» EXERCISE OBJECTIVE
Please give the number of lines in the records below that include "crosses", with no other output.

» SUPPLIED RECORDS
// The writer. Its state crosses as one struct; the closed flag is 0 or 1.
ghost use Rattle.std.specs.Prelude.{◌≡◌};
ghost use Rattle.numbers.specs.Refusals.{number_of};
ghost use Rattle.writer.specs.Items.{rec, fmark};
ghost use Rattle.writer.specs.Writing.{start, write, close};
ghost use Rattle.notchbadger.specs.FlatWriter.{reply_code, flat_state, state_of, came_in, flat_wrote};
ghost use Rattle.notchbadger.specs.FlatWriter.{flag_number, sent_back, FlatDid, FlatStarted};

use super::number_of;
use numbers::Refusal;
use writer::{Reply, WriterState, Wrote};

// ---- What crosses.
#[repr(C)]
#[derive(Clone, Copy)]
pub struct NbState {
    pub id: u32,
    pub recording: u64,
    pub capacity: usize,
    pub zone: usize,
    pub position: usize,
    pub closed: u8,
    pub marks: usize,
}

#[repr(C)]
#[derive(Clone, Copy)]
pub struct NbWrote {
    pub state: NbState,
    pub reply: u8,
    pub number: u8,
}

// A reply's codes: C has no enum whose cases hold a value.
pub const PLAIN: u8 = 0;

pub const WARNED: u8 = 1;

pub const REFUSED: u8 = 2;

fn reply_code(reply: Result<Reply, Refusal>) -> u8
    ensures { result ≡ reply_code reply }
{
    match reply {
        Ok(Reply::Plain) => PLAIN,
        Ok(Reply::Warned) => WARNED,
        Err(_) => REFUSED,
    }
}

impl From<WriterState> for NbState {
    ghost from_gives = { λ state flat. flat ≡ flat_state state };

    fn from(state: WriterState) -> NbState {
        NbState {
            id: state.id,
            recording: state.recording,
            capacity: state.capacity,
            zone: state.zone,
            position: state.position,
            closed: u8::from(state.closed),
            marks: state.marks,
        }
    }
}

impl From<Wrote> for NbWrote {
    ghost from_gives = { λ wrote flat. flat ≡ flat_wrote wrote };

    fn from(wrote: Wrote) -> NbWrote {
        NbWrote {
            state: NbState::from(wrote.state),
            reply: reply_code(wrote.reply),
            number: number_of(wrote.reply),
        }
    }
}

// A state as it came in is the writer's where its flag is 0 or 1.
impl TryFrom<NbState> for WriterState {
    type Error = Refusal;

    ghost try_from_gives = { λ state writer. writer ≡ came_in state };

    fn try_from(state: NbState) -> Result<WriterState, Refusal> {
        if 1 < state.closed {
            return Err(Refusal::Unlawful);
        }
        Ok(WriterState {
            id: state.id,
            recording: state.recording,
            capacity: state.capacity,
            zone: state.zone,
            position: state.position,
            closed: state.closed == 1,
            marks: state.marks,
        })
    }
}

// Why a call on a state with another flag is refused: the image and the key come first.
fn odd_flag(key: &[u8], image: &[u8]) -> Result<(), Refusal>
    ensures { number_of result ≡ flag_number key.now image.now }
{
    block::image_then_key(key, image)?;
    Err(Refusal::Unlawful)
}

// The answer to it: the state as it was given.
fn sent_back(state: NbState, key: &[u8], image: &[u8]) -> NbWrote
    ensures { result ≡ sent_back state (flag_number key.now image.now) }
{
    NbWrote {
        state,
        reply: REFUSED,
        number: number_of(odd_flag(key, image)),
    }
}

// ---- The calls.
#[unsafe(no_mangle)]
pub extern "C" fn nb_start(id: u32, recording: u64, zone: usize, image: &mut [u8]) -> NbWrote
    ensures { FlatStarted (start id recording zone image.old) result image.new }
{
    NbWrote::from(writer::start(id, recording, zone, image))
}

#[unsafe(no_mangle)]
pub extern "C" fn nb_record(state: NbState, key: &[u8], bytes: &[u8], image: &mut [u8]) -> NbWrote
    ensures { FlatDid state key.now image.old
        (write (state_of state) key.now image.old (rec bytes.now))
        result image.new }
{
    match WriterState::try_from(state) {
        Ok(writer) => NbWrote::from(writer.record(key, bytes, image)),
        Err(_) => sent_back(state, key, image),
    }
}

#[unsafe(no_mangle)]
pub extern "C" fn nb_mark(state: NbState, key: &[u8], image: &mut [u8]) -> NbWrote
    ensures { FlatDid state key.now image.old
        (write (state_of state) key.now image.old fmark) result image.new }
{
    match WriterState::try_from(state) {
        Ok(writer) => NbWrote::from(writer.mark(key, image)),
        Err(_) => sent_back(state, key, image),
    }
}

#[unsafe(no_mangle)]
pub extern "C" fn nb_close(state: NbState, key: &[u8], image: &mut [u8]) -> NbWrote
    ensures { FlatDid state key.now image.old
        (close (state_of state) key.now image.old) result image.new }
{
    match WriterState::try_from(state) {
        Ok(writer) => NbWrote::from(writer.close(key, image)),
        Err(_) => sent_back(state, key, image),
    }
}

* * *

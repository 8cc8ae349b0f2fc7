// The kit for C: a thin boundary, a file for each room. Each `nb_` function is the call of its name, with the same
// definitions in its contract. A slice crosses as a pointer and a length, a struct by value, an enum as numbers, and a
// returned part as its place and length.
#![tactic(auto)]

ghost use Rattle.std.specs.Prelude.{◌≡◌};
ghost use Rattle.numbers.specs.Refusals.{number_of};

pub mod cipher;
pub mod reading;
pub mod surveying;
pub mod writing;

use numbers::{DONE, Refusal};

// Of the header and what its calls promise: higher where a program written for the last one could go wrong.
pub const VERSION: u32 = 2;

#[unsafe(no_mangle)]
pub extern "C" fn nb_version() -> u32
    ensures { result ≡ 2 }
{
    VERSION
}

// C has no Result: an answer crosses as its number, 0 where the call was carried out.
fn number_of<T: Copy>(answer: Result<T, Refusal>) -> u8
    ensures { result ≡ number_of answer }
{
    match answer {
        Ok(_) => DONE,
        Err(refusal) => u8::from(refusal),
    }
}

» ANSWER BELOW
4